§ Brief: Exactly as they appear, copy the lines from the start of the entries below to the line containing "use trace_text::trace_recorder::Trace;", both ends included.

§ Records shown:
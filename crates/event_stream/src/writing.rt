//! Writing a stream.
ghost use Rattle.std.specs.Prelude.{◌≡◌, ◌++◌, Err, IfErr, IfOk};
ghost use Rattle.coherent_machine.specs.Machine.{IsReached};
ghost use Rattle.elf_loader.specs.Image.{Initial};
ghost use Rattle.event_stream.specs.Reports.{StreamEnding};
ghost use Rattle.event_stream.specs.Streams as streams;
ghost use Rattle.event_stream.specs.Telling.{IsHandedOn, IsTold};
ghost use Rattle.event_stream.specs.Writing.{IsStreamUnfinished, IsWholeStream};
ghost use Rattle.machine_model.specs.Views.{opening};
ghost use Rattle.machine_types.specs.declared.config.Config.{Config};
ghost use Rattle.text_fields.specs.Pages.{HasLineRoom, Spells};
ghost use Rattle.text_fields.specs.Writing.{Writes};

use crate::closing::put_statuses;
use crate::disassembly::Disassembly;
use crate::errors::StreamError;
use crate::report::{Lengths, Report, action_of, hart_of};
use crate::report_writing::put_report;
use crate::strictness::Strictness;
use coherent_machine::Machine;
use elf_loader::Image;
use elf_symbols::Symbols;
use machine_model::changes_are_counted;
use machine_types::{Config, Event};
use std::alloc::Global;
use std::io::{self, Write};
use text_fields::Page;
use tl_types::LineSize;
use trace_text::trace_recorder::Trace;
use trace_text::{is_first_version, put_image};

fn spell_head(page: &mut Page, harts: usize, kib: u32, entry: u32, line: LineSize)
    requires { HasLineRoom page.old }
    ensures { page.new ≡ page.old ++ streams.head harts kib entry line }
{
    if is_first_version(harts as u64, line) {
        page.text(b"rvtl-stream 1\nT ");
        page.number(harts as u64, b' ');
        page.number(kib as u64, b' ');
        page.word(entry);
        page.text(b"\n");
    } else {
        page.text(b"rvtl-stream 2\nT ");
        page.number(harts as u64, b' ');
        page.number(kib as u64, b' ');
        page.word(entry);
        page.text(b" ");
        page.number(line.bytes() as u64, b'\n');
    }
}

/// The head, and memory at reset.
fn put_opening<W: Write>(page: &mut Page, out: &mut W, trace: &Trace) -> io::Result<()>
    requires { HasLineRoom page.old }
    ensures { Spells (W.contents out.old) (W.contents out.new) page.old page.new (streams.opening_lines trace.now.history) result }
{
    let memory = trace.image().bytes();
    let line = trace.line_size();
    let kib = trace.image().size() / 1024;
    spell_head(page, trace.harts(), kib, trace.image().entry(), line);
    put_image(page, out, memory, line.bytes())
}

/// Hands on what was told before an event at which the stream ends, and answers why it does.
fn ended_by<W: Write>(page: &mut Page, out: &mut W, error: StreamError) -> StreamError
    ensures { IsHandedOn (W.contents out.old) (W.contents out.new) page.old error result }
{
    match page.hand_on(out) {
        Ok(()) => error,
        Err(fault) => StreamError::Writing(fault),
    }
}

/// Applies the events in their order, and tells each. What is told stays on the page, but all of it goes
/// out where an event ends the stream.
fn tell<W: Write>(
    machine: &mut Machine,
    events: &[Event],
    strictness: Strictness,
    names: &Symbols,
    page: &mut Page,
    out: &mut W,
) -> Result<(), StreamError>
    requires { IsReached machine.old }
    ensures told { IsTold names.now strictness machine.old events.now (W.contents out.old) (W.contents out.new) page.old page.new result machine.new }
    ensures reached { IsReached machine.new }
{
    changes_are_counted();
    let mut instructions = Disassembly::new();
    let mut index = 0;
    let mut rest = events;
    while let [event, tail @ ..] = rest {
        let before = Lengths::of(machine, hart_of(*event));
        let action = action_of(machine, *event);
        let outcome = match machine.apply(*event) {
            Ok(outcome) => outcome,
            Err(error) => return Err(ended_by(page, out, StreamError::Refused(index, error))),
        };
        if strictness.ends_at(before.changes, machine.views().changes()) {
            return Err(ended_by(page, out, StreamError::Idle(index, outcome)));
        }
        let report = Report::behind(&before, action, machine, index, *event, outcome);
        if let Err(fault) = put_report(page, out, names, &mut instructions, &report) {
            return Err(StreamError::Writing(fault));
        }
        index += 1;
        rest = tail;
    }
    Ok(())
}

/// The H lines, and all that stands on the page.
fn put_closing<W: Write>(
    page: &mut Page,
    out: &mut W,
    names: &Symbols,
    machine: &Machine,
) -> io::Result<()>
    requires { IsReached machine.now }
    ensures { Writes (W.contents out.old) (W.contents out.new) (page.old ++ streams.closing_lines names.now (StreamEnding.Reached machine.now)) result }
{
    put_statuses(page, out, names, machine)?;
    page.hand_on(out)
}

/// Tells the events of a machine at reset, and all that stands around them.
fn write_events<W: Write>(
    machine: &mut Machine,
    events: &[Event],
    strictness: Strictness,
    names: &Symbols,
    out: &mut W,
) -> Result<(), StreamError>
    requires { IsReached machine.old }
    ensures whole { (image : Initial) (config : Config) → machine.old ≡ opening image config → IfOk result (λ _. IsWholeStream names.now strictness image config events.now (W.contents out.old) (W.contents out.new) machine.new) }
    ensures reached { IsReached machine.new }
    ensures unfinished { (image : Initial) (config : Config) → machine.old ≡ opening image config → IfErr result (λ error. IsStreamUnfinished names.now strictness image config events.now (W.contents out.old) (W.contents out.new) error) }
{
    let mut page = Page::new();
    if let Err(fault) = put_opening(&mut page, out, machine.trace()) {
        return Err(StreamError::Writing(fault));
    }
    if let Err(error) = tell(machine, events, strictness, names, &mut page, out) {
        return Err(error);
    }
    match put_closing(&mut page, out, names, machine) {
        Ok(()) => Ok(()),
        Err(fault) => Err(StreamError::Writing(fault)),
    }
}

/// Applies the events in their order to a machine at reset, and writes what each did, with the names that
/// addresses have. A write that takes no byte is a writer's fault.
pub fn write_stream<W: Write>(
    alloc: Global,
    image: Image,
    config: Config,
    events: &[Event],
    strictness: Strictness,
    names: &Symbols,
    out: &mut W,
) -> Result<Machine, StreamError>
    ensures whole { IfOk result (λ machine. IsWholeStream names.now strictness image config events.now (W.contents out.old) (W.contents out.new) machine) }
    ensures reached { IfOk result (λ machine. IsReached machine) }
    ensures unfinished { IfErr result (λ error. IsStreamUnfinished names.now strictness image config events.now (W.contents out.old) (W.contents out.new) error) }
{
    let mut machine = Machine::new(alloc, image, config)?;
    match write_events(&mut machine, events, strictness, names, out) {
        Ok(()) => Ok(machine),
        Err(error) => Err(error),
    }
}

§ Exercise answer:
filename crates/event_stream/src/writing.rt
//! Writing a stream.
ghost use Rattle.std.specs.Prelude.{◌≡◌, ◌++◌, Err, IfErr, IfOk};
ghost use Rattle.coherent_machine.specs.Machine.{IsReached};
ghost use Rattle.elf_loader.specs.Image.{Initial};
ghost use Rattle.event_stream.specs.Reports.{StreamEnding};
ghost use Rattle.event_stream.specs.Streams as streams;
ghost use Rattle.event_stream.specs.Telling.{IsHandedOn, IsTold};
ghost use Rattle.event_stream.specs.Writing.{IsStreamUnfinished, IsWholeStream};
ghost use Rattle.machine_model.specs.Views.{opening};
ghost use Rattle.machine_types.specs.declared.config.Config.{Config};
ghost use Rattle.text_fields.specs.Pages.{HasLineRoom, Spells};
ghost use Rattle.text_fields.specs.Writing.{Writes};

use crate::closing::put_statuses;
use crate::disassembly::Disassembly;
use crate::errors::StreamError;
use crate::report::{Lengths, Report, action_of, hart_of};
use crate::report_writing::put_report;
use crate::strictness::Strictness;
use coherent_machine::Machine;
use elf_loader::Image;
use elf_symbols::Symbols;
use machine_model::changes_are_counted;
use machine_types::{Config, Event};
use std::alloc::Global;
use std::io::{self, Write};
use text_fields::Page;
use tl_types::LineSize;
use trace_text::trace_recorder::Trace;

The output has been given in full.